**Work instruction**
Only the lines from the first line of the records through the line containing "out.old.items ++ varint" belong in the answer. Copy them exactly.

((

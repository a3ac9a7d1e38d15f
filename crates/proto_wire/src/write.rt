//! Bytes from fields.

ghost use Rattle.std.specs.Prelude.{◌≡◌, ◌++◌, ◌+◌, ◌*◌, ◌<◌, ◌≤◌, ◌^◌, [], length, OnOk, OnErr};
ghost use Rattle.proto_wire.specs.Spelling.{groups_of, varint, bound, int_field, bytes_field, Extends};

use crate::bytes::Bytes;
use crate::memory::OutOfMemory;
use std::alloc::Global;
use std::marker::Model;

fn push_groups(out: &mut Vec<u8>, more: u8, n: u64) -> Result<(), OutOfMemory>
    requires few { more ≤ 10 }
    requires small { n < bound more }
    ensures ok { OnOk result (out.new.items ≡ out.old.items ++ groups_of more n) }
    ensures err { OnErr result (Extends out.old.items out.new.items) }
{
    if more <= 1 || n < 128 {
        out.push(n as u8)?;
        return Ok(());
    }
    out.push((n % 128 + 128) as u8)?;
    push_groups(out, more - 1, n / 128)
}

pub(crate) fn push_varint(out: &mut Vec<u8>, n: u64) -> Result<(), OutOfMemory>
    ensures ok { OnOk result (out.new.items ≡ out.old.items ++ varint n) }
    ensures err { OnErr result (Extends out.old.items out.new.items) }
{
    push_groups(out, 10, n)
}

fn push_int(out: &mut Vec<u8>, number: u32, value: u64) -> Result<(), OutOfMemory>
    requires { number < 2 ^ 29 }
    ensures ok { OnOk result (out.new.items ≡ out.old.items ++ int_field number value) }
    ensures err { OnErr result (Extends out.old.items out.new.items) }
{
    push_varint(out, u64::from(number) * 8)?;
    push_varint(out, value)
}

fn push_bytes(out: &mut Vec<u8>, number: u32, value: &[u8]) -> Result<(), OutOfMemory>
    requires { number < 2 ^ 29 }
    ensures ok { OnOk result (out.new.items ≡ out.old.items ++ bytes_field number value.now) }
    ensures err { OnErr result (Extends out.old.items out.new.items) }
{
    push_varint(out, u64::from(number) * 8 + 2)?;
    push_varint(out, value.len() as u64)?;
    out.extend_from_slice(value)?;
    Ok(())
}

/// Writes fields one after the other, each in its shortest spelling. Contracts see what was written.
#[derive(Debug, Drop)]
pub struct Writer {
    out: Vec<u8>,
}

impl Model for Writer {
    ghost use Rattle.std.specs.Prelude.{List, ℕ};

    ghost Value = { List ℕ };

    ghost view = { λ w. w.out.items };
}

impl Writer {
    /// Nothing is written yet. It takes no memory.
    pub fn new(alloc: Global) -> Writer
        ensures { result ≡ [] }
    {
        Writer {
            out: Vec::new(alloc),
        }
    }

    /// Adds a field with a varint.
    pub fn int(&mut self, number: u32, value: u64) -> Result<(), OutOfMemory>
        requires low { 0 < number }
        requires high { number < 2 ^ 29 }
        ensures ok { OnOk result (self.new ≡ self.old ++ int_field number value) }
        ensures err { OnErr result (self.new ≡ self.old) }
    {
        let len = self.out.len();
        let added = push_int(&mut self.out, number, value);
        if added.is_err() {
            self.out.truncate(len);
        }
        added
    }

    /// Adds a field with bytes.
    pub fn bytes(&mut self, number: u32, value: &[u8]) -> Result<(), OutOfMemory>
        requires low { 0 < number }
        requires high { number < 2 ^ 29 }
        ensures ok { OnOk result (self.new ≡ self.old ++ bytes_field number value.now) }
        ensures err { OnErr result (self.new ≡ self.old) }
    {
        let len = self.out.len();
        let added = push_bytes(&mut self.out, number, value);
        if added.is_err() {
            self.out.truncate(len);
        }
        added
    }

    /// What was written. It takes no memory.
    pub fn finish(self) -> Bytes
        ensures { result ≡ self }
    {
        let Writer { out } = self;
        Bytes::from_vec(out)
    }
}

))

**Result of this exercise**
repository a3ac9a7d1e38d15f
filename crates/proto_wire/src/write.rt
//! Bytes from fields.

ghost use Rattle.std.specs.Prelude.{◌≡◌, ◌++◌, ◌+◌, ◌*◌, ◌<◌, ◌≤◌, ◌^◌, [], length, OnOk, OnErr};
ghost use Rattle.proto_wire.specs.Spelling.{groups_of, varint, bound, int_field, bytes_field, Extends};

use crate::bytes::Bytes;
use crate::memory::OutOfMemory;
use std::alloc::Global;
use std::marker::Model;

fn push_groups(out: &mut Vec<u8>, more: u8, n: u64) -> Result<(), OutOfMemory>
    requires few { more ≤ 10 }
    requires small { n < bound more }
    ensures ok { OnOk result (out.new.items ≡ out.old.items ++ groups_of more n) }
    ensures err { OnErr result (Extends out.old.items out.new.items) }
{
    if more <= 1 || n < 128 {
        out.push(n as u8)?;
        return Ok(());
    }
    out.push((n % 128 + 128) as u8)?;
    push_groups(out, more - 1, n / 128)
}

pub(crate) fn push_varint(out: &mut Vec<u8>, n: u64) -> Result<(), OutOfMemory>
    ensures ok { OnOk result (out.new.items ≡ out.old.items ++ varint n) }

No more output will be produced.